司機笑了:“不辛苦,你玩玩手機,時間很快就過去了。”
“好。”
裴宋陽送他到門口,司機讓他趕緊進去坐,看到接待室冷冷清清,又說:“等會兒我讓人送點零食上來。”
裴宋陽受寵若驚,局促地說:“不用不用……”
“不用客氣,要是招待不好你,景先生等會兒要發脾氣的。”
裴宋陽想想景蔭那張臉,一個星期不見,居然沒有任何模糊,他想象不出來那張臉板下來訓人的樣子,而且景蔭本身氣場就很足,好像也不需要板臉吓人。
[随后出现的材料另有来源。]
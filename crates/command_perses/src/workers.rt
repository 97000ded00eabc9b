//! The workers that the top call takes.

ghost use Rattle.std.specs.Prelude.{◌≡◌, ◌<◌, suc, [], OnErr, OnOk, length};
ghost use Rattle.command_perses.specs.Workers.{AreNumbered};

use script_gate_trait::Gate;
use std::alloc::{AllocError, Global};
use worker_pool::Worker;

/// No workers.
pub fn no_workers<G: Gate>(alloc: Global) -> Vec<Worker<G>>
    ensures numbered { AreNumbered result.items }
    ensures none { length result.items ≡ 0 }
{
    Vec::new(alloc)
}

/// Adds a worker over this gate, with the next number. After an error they are the same as before.
pub fn add_worker<G: Gate + Drop>(workers: &mut Vec<Worker<G>>, gate: G) -> Result<(), AllocError>
    requires numbered { AreNumbered workers.old.items }
    requires few { length workers.old.items < 16 }
    ensures numbered { AreNumbered workers.new.items }
    ensures added { OnOk result (length workers.new.items ≡ suc (length workers.old.items)) }
    ensures refused { OnErr result (workers.new.items ≡ workers.old.items) }
{
    let number = workers.len() as u32 + 1;
    workers.push(Worker::new(gate, number))?;
    Ok(())
}
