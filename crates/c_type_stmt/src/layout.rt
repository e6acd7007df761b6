//! The first scalar of an object, which stands at its start (C11 6.7.2.1 paragraph 15).

ghost use Rattle.std.specs.Prelude.{◌≡◌, ℕ, IfSome, IfNone, option_copied};
ghost use Rattle.c_type_base.specs.Layout.{first_by, first_scalar};
ghost use Rattle.c_type_stmt.specs.Slots.{member_at};

use crate::first_bytes::int_width;
use c_type_base::{MemberInfo, StructInfo, Ty};
use sqlite_items::at;

/// A member by the numbers of its struct and of itself.
pub fn member(structs: &[StructInfo], number: u32, k: usize) -> Option<&MemberInfo>
    ensures { option_copied result ≡ member_at structs.now number k }
{
    match at(structs, number as usize) {
        None => None,
        Some(info) => at(info.members.as_slice(), k),
    }
}

/// The struct of which a type is, or of which an array is, however deep.
#[tactic(auto, using(crate::proofs::PlaceLaws::within_some, crate::proofs::PlaceLaws::within_none))]
fn struct_within(t: &Ty) -> Option<u32>
    ensures some { IfSome result (λ n. (f : ℕ → ℕ) → first_by f t.now ≡ f n) }
    ensures none { IfNone result ((f : ℕ → ℕ) → first_by f t.now ≡ first_by (λ n. 0) t.now) }
{
    match t {
        Ty::Struct(number) => Some(*number),
        Ty::Array(element, _) => struct_within(element.get()),
        _ => None,
    }
}

/// The bytes of the first scalar in what is made of no struct.
fn scalar_within(t: &Ty) -> u8
    ensures { result ≡ first_by (λ n. 0) t.now }
{
    match t {
        Ty::Void => 0,
        Ty::Int(int) => int_width(*int),
        Ty::Pointer(_) => 8,
        Ty::Array(element, _) => scalar_within(element.get()),
        Ty::Struct(_) => 0,
    }
}

/// The bytes of the first scalar in an object of a type. There are no more structs in one another than the table has.
pub fn first_scalar(structs: &[StructInfo], t: &Ty) -> u8
    ensures { result ≡ first_scalar structs.now t.now }
{
    let mut inner = t;
    let mut left = structs.len();
    while left > 0 {
        left -= 1;
        let Some(number) = struct_within(inner) else {
            return scalar_within(inner);
        };
        let Some(first) = member(structs, number, 0) else {
            return 0;
        };
        inner = &first.ty;
    }
    scalar_within(inner)
}
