ghost use Rattle.std.specs.Prelude.{◌≡◌, ◌↔◌, ℕ, IfSome, IfNone};
ghost use Rattle.a64_code.specs.Row.{Row, HasOneRow};
ghost use Rattle.a64_code.specs.Instruction.{instruction_of};

use crate::find::row_of;
use crate::instr::Instr;

/// The word of an instruction; None exactly where a field is out of its row's range.
pub fn encode(instr: Instr) -> Option<u32>
    ensures row { (word : ℕ) → ((result ≡ Some word) ↔ Row word instr) }
    ensures none { IfNone result ((word : ℕ) → ¬ Row word instr) }
{
    let parts = instr.parts();
    parts.line.word(parts.wide, parts.values)
}

/// The instruction of a word; None exactly where no row fits.
pub fn decode(word: u32) -> Option<Instr>
    ensures row { (instr : Instr) → ((result ≡ Some instr) ↔ Row word instr) }
    ensures none { IfNone result ((instr : Instr) → ¬ Row word instr) }
    ensures one_row { HasOneRow word }
    ensures instruction { result ≡ instruction_of word }
{
    let row = row_of(word)?;
    Some(row.blank.reading(word))
}
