ghost use Rattle.std.specs.Prelude.{◌≡◌, ◌==◌, ◌≤◌, length, drop, bit_and};
ghost use Rattle.std.specs.List.{find};
ghost use Rattle.std.specs.Option.{option_copied};

use crate::first_rows::FIRST_ROWS;
use crate::rows::{ROWS, TableRow};

/// The row that fits a word. At most one does, so the search may begin where the word's upper bits say, and goes over the
/// whole table only where nothing fits from there on.
pub fn row_of(word: u32) -> Option<&'static TableRow>
    ensures { option_copied result ≡ find (λ r. bit_and word r.fixed == r.base) ROWS }
{
    let start = usize::from(FIRST_ROWS[(word >> 23) as usize]).min(ROWS.len());
    match first_from(start, word) {
        Some(row) => Some(row),
        None => first_from(0, word),
    }
}

/// The first row from a place on that fits a word.
fn first_from(start: usize, word: u32) -> Option<&'static TableRow>
    requires { start ≤ length ROWS }
    ensures { option_copied result ≡ find (λ r. bit_and word r.fixed == r.base) (drop start ROWS) }
{
    first_of(&ROWS[start..], word)
}

/// The first of some rows that fits a word.
fn first_of(rows: &'static [TableRow], word: u32) -> Option<&'static TableRow>
    ensures { option_copied result ≡ find (λ r. bit_and word r.fixed == r.base) rows.entry.now }
{
    rows.iter().find(|row| word & row.fixed == row.base)
}
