/// A register by its number from 0 to 31. Number 31 is the stack pointer or the zero register, as `Instr::takes_sp` says.
#[derive(Clone, Copy)]
pub struct Reg(pub u8);

/// An instruction with its fields as they stand in the word: unsigned, and a signed number in two's complement of the
/// field's width. `wide` is true for the form on 64 bits. (Arm ARM, C6.2)
#[derive(Clone, Copy)]
pub enum Instr {
    Movz {
        wide: bool,
        hw: u8,
        imm16: u16,
        rd: Reg,
    },
    Movk {
        wide: bool,
        hw: u8,
        imm16: u16,
        rd: Reg,
    },
    Movn {
        wide: bool,
        hw: u8,
        imm16: u16,
        rd: Reg,
    },
    AddImm {
        wide: bool,
        sh: u8,
        imm12: u16,
        rn: Reg,
        rd: Reg,
    },
    SubImm {
        wide: bool,
        sh: u8,
        imm12: u16,
        rn: Reg,
        rd: Reg,
    },
    SubsImm {
        wide: bool,
        sh: u8,
        imm12: u16,
        rn: Reg,
        rd: Reg,
    },
    AddReg {
        wide: bool,
        rm: Reg,
        rn: Reg,
        rd: Reg,
    },
    SubReg {
        wide: bool,
        rm: Reg,
        rn: Reg,
        rd: Reg,
    },
    SubsReg {
        wide: bool,
        rm: Reg,
        rn: Reg,
        rd: Reg,
    },
    AndReg {
        wide: bool,
        rm: Reg,
        rn: Reg,
        rd: Reg,
    },
    OrrReg {
        wide: bool,
        rm: Reg,
        rn: Reg,
        rd: Reg,
    },
    EorReg {
        wide: bool,
        rm: Reg,
        rn: Reg,
        rd: Reg,
    },
    Sbfm {
        wide: bool,
        immr: u8,
        imms: u8,
        rn: Reg,
        rd: Reg,
    },
    Ubfm {
        wide: bool,
        immr: u8,
        imms: u8,
        rn: Reg,
        rd: Reg,
    },
    Cbz {
        wide: bool,
        imm19: u32,
        rt: Reg,
    },
    Cbnz {
        wide: bool,
        imm19: u32,
        rt: Reg,
    },
    Ldr {
        wide: bool,
        imm12: u16,
        rn: Reg,
        rt: Reg,
    },
    Str {
        wide: bool,
        imm12: u16,
        rn: Reg,
        rt: Reg,
    },
    Madd {
        wide: bool,
        rm: Reg,
        ra: Reg,
        rn: Reg,
        rd: Reg,
    },
    Msub {
        wide: bool,
        rm: Reg,
        ra: Reg,
        rn: Reg,
        rd: Reg,
    },
    Csinc {
        wide: bool,
        rm: Reg,
        cond: u8,
        rn: Reg,
        rd: Reg,
    },
    Lslv {
        wide: bool,
        rm: Reg,
        rn: Reg,
        rd: Reg,
    },
    Lsrv {
        wide: bool,
        rm: Reg,
        rn: Reg,
        rd: Reg,
    },
    Asrv {
        wide: bool,
        rm: Reg,
        rn: Reg,
        rd: Reg,
    },
    Udiv {
        wide: bool,
        rm: Reg,
        rn: Reg,
        rd: Reg,
    },
    Sdiv {
        wide: bool,
        rm: Reg,
        rn: Reg,
        rd: Reg,
    },
    Irg {
        rm: Reg,
        rn: Reg,
        rd: Reg,
    },
    Ldrb {
        imm12: u16,
        rn: Reg,
        rt: Reg,
    },
    Strb {
        imm12: u16,
        rn: Reg,
        rt: Reg,
    },
    Ldrh {
        imm12: u16,
        rn: Reg,
        rt: Reg,
    },
    Strh {
        imm12: u16,
        rn: Reg,
        rt: Reg,
    },
    Ldrsw {
        imm12: u16,
        rn: Reg,
        rt: Reg,
    },
    Ldrsb {
        imm12: u16,
        rn: Reg,
        rt: Reg,
    },
    Ldrsh {
        imm12: u16,
        rn: Reg,
        rt: Reg,
    },
    Stp {
        imm7: u8,
        rt2: Reg,
        rn: Reg,
        rt: Reg,
    },
    Ldp {
        imm7: u8,
        rt2: Reg,
        rn: Reg,
        rt: Reg,
    },
    B {
        imm26: u32,
    },
    Bl {
        imm26: u32,
    },
    BCond {
        imm19: u32,
        cond: u8,
    },
    Adrp {
        immlo: u8,
        immhi: u32,
        rd: Reg,
    },
    Ret,
    Nop,
    Svc {
        imm16: u16,
    },
    Addg {
        uimm6: u8,
        uimm4: u8,
        rn: Reg,
        rd: Reg,
    },
    Subg {
        uimm6: u8,
        uimm4: u8,
        rn: Reg,
        rd: Reg,
    },
    Stg {
        simm9: u16,
        rn: Reg,
        rt: Reg,
    },
    Stzg {
        simm9: u16,
        rn: Reg,
        rt: Reg,
    },
    Ldg {
        simm9: u16,
        rn: Reg,
        rt: Reg,
    },
    St2g {
        simm9: u16,
        rn: Reg,
        rt: Reg,
    },
    Stz2g {
        simm9: u16,
        rn: Reg,
        rt: Reg,
    },
}
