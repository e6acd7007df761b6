ghost use Rattle.std.specs.Prelude.{◌≡◌, ◌+◌, ◌<◌, ◌^◌, ◌↔◌, IsTrue, SomeIff};
ghost use Rattle.a64_code.specs.Field.{AllFit, placed};
ghost use Rattle.a64_code.specs.Line.{by_width};
ghost use Rattle.a64_code.specs.Listed.{filled, base_of, are_narrow, has_room};

use crate::place::Place;

/// The values of four fields, with zeros where an instruction has fewer.
pub type Values = (u32, u32, u32, u32);

/// A line of the table: the words with all fields zero on 64 and on 32 bits, which are the same where there is one form, and
/// the places of the fields from the highest down.
pub struct TableLine {
    pub base: u32,
    pub narrow: u32,
    pub places: (Place, Place, Place, Place),
}

impl TableLine {
    /// The word of a form with values in the fields; None exactly where one is too wide.
    pub fn word(&self, wide: bool, values: Values) -> Option<u32>
        requires { IsTrue (has_room (base_of self.now wide) (filled self.now wide values)) }
        ensures { SomeIff result (AllFit (filled self.now wide values)) (base_of self.now wide + placed (filled self.now wide values)) }
    {
        if self.holds(wide, values) {
            Some(self.placed(wide, values))
        } else {
            None
        }
    }

    /// Whether each value is within its field's width.
    fn holds(&self, wide: bool, values: Values) -> bool
        requires { IsTrue (are_narrow (filled self.now wide values)) }
        ensures { IsTrue result ↔ AllFit (filled self.now wide values) }
    {
        let (a, b, c, d) = self.places;
        a.holds(wide, values.0)
            && b.holds(wide, values.1)
            && c.holds(wide, values.2)
            && d.holds(wide, values.3)
    }

    /// The base word of a form with each value at its place.
    fn placed(&self, wide: bool, values: Values) -> u32
        requires narrow { IsTrue (are_narrow (filled self.now wide values)) }
        requires room { base_of self.now wide + placed (filled self.now wide values) < 2 ^ 32 }
        ensures { result ≡ base_of self.now wide + placed (filled self.now wide values) }
    {
        let (a, b, c, d) = self.places;
        let base = if wide { self.base } else { self.narrow };
        base + (a.with(values.0) + (b.with(values.1) + (c.with(values.2) + d.with(values.3))))
    }
}
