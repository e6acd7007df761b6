//! What an initialiser is, once it is fitted to the object that it initialises.

use c_type_base::{InitPiece, TInit};
use sqlite_items::Items;

/// An initialiser in the typed program, and the bytes with which an object of the whole run begins.
#[derive(Drop)]
pub struct Fitted {
    pub tree: TInit,
    /// By increasing offsets where the object's type may be one of an object.
    pub pieces: Items<InitPiece>,
}
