//! The A64 instructions that mtcc makes and runs, and their words: one table, read both ways.
#![tactic(auto)]

mod code;
mod end;
mod find;
mod first_rows;
mod instr;
mod line;
mod parts;
mod place;
mod reading;
mod register;
mod rows;
mod table;

pub use code::{decode, encode};
pub use end::MachineEnd;
pub use instr::{Instr, Reg};
pub use register::RegisterField;
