ghost use Rattle.std.specs.Prelude.{◌≡◌};
ghost use Rattle.a64_code.specs.StackPointer.{takes_sp};

use crate::instr::Instr;

/// A field of an instruction that holds a register.
#[derive(Clone, Copy)]
pub enum RegisterField {
    Rd,
    Rn,
    Rm,
    Ra,
    Rt,
    Rt2,
}

impl Instr {
    /// Whether number 31 in this field is the stack pointer. Elsewhere it reads as zero, and what is written to it is dropped.
    pub fn takes_sp(self, field: RegisterField) -> bool
        ensures { result ≡ takes_sp self field }
    {
        let (a, b, c, d) = self.parts().line.places;
        a.is_sp(field) || b.is_sp(field) || c.is_sp(field) || d.is_sp(field)
    }
}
司機見他搖頭不信,說:“你以後就知道……”話音未落,他一頓,轉而尴尬笑道,“去坐着吧,我先去忙。”
“好。”
裴宋陽目送他離開後,才轉身回接待室。
到這裏後,他懸了半天的心終于放下。
接待室裏沙發茶幾飲水機一應俱全,看到飲水機旁邊有臺咖啡機,裴宋陽好奇地擺弄了會兒,才坐到沙發上構思檢讨。
這是他長這麽大的第一份檢讨,雖然查手機查了許多範本,真正寫起來卻總是無從下手。
大概因為心靜,時間過得不知不覺。
走廊裏一陣穩健的腳步聲傳來,景蔭打開門,大踏步進來:“小陽?”
來人身高腿長,影子拉長在光可鑒人的地磚上面。
裴宋陽有那麽個瞬間特別慌,心跳節奏亂的錯位。
他的檢讨還沒寫完。
筆和本子嗖的一下,被他藏到了身後。